Many of those, with perhaps the exception of the book-based scenarios mentioned first, are potentially real threats to our continued existence and deserve at least a watchful eye. But what if you are a scientist? Where does the rational, educated, intellectual reader of Lab News go for a worthwhile doomsday?
Dear friends, look no further than The Singularity.
The term singularity can mean different things to different people – mathematicians think of a non-dimensional point describable only by its position, while astronomers might use it as shorthand for a black hole (which, whatever its actual properties, presumably has some measurable dimension. You can go first with the tape measure).
The technological singularity is the proposed culmination of advances in technology, which have been following a steady geometric progression since the dawn of the industrial age. Probably the best-understood example of this is Moore's Law, which describes the doubling of computing power every couple of years or so.
The theory goes that this progression will at some point undergo a step change, and the growth in advances will suddenly accelerate. The event that will cause this step change is the application of machine intelligence to the design of greater machine intelligence.
Processor development driven by the human mind has given us the roughly two-year period for the doubling of power that Gordon Moore first observed way back in 1965. What might change, and relatively soon, is that computers become intelligent enough to design the next generation of processors themselves, and in less time than a human.

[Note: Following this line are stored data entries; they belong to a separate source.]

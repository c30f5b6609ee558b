//! The exceptions of the SLURM files in force, as rows of the table `slurm`.
ghost use Rattle.std.specs.Prelude.{◌≡◌, ◌≤◌, [], ◌∷◌, length, map, flat_map, All, OnOk};
ghost use Rattle.slurm.specs.declared.exceptions.TheConstants.{MOST_ENTRIES};
ghost use Rattle.store_tables.specs.Cells.{exception_row};
ghost use Rattle.store_tables.specs.Tables.{slurm};
ghost use Rattle.store_tables.specs.TablesHold.{file_rows};
ghost use Rattle.store_tables.specs.declared.exception.Exception.{Exception as AnyException};
ghost use Rattle.store_transactions.specs.Statements.{IsReady, OnCleanDisk, IfDone, StaysInside};
ghost use Rattle.store_transactions.specs.steps.Statements.{PutsRows};
ghost use Rattle.store_write.specs.Changes.{MakesChange, RowsBecome};
ghost use Rattle.store_write.specs.steps.Statements.{TakesRows, entry_rows, IsBounded};

use addr::{Name, Vrp};
use registry::Change;
use slurm::{Filter, NamedSlurm, SlurmSet};
use sqlite::{Alter, Error, Transaction};
use store_tables::{
    DELETE_EXCEPTIONS, Exception, ExceptionRow, INSERT_EXCEPTION, address_bytes, exception_first,
    exception_values,
};
use store_transactions::execute;

/// An entry of a SLURM file, which is put as a row of the table.
trait ExceptionEntry {
    ghost as_exception: { Self → AnyException };

    fn as_exception(&self) -> Exception
        ensures { result ≡ as_exception self.now };
}

impl ExceptionEntry for Filter {
    ghost use Rattle.store_tables.specs.declared.exception.Exception.TheVariants.{Filter as FilterOf};

    ghost as_exception = { FilterOf };

    fn as_exception(&self) -> Exception {
        Exception::Filter(*self)
    }
}

impl ExceptionEntry for Vrp {
    ghost use Rattle.store_tables.specs.declared.exception.Exception.TheVariants.{Assertion};

    ghost as_exception = { Assertion };

    fn as_exception(&self) -> Exception {
        Exception::Assertion(*self)
    }
}

/// Deletes all exceptions.
fn take_exceptions<S: Alter>(tx: &mut Transaction<'_, S>) -> Result<(), Error>
    requires { OnCleanDisk S.Store IsReady tx.old }
    ensures done { IfDone S.Store result (TakesRows slurm.tree) tx.old tx.new }
    ensures inside { StaysInside S.Store tx.old tx.new }
{
    execute(tx, DELETE_EXCEPTIONS, &[])
}

/// Puts an exception.
#[tactic(auto, using(crate::proofs::ExceptionSteps::puts_exception))]
fn put_exception<S: Alter>(tx: &mut Transaction<'_, S>, row: &ExceptionRow) -> Result<(), Error>
    requires { OnCleanDisk S.Store IsReady tx.old }
    ensures done { IfDone S.Store result
        (PutsRows slurm.tree (exception_row row.now ∷ [])) tx.old tx.new }
    ensures inside { StaysInside S.Store tx.old tx.new }
{
    let first = address_bytes(exception_first(&row.exception));
    execute(tx, INSERT_EXCEPTION, &exception_values(row, &first))
}

/// Puts the entries of one kind of a file, at the positions from 1 up.
fn put_entries<T: ExceptionEntry, S: Alter>(
    tx: &mut Transaction<'_, S>,
    file: &Name,
    entries: &[T],
) -> Result<(), Error>
    requires ready { OnCleanDisk S.Store IsReady tx.old }
    requires number { length entries.now ≤ MOST_ENTRIES }
    ensures done { IfDone S.Store result
        (PutsRows slurm.tree (entry_rows file.now T.as_exception entries.now)) tx.old tx.new }
    ensures inside { StaysInside S.Store tx.old tx.new }
{
    let mut position = 0;
    for entry in entries {
        position += 1;
        let row = ExceptionRow {
            file: *file,
            position,
            exception: entry.as_exception(),
        };
        put_exception(tx, &row)?;
    }
    Ok(())
}

/// Puts the exceptions of a file.
fn put_file<S: Alter>(tx: &mut Transaction<'_, S>, named: &NamedSlurm) -> Result<(), Error>
    requires { OnCleanDisk S.Store IsReady tx.old }
    ensures done { IfDone S.Store result
        (PutsRows slurm.tree (map exception_row (file_rows named.now))) tx.old tx.new }
    ensures inside { StaysInside S.Store tx.old tx.new }
    ensures bounded { IsBounded named.now }
{
    put_entries(tx, &named.name, named.file.filters())?;
    put_entries(tx, &named.name, named.file.assertions())
}

/// Puts the exceptions of the files, one file after another.
fn put_files<S: Alter>(tx: &mut Transaction<'_, S>, files: &[NamedSlurm]) -> Result<(), Error>
    requires { OnCleanDisk S.Store IsReady tx.old }
    ensures done { IfDone S.Store result
        (PutsRows slurm.tree (map exception_row (flat_map file_rows files.now))) tx.old tx.new }
    ensures inside { StaysInside S.Store tx.old tx.new }
    ensures bounded { OnOk result (All IsBounded files.now) }
{
    for named in files {
        put_file(tx, named)?;
    }
    Ok(())
}

/// Replaces all exceptions by those of the files.
pub(crate) fn replace_files<S: Alter>(
    tx: &mut Transaction<'_, S>,
    files: &SlurmSet,
) -> Result<(), Error>
    requires { OnCleanDisk S.Store IsReady tx.old }
    ensures done { IfDone S.Store result
        (MakesChange (RowsBecome (Change.Exceptions files.now))) tx.old tx.new }
    ensures inside { StaysInside S.Store tx.old tx.new }
{
    take_exceptions(tx)?;
    put_files(tx, files.files())
}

The point here is that the doubling period would not simply be shortened, it would also be the subject of an exponential decay. Say the first generation of machine-designed chip took just half the time to design its own successor, and that then also took half the time to create the third. Computing power would double in two years, then one year, then six months, then three months…
Bam! Singularity.
About four years ago, a bold claim which many see as a potential first step towards the singularity was made in the journal Science. A lab robot called Adam at Aberystwyth University, it was claimed, had made an independent scientific discovery. The machine had not only conducted the experiment – a fairly innocuous test of yeast strains – but had actually learned by the results to devise the next round of procedures. If we are to believe the hype, the RoboScientist was born.
I was sceptical of it then, and I am now. We have seen plenty of advances in lab automation in the intervening four years, including two further doublings of processor power. What we have not seen is a machine that can demonstrate actual intelligence beyond the very narrow confines of an iterative process involving simple microorganisms. The Turing Test remains unpassed, over 60 years after being devised, and estimates for the date when a machine can convincingly imitate a human conversation remain stubbornly 20 years into the future: it was 20 years away at the turn of the millennium, and it is 20 years away now. It means at least ten further doublings or, to put it another way, we are barely one one-thousandth of the way from pre-digital technology to the first true machine intelligence.
A review of Adam and his ilk earlier this year in the open-access journal h+ concluded vaguely that there will be a time when Robot Scientists will work together with human scientists to advance knowledge. Hardly time to start building barricades.
But let's not get complacent. The step-change scenario could make nonsense of these arguments – and if so we in the laboratory community may have the dubious pleasure of having been at the vanguard of the apocalypse thanks to an over-smart lab robot that started thinking for itself. Forget Skynet – will we survive Adam?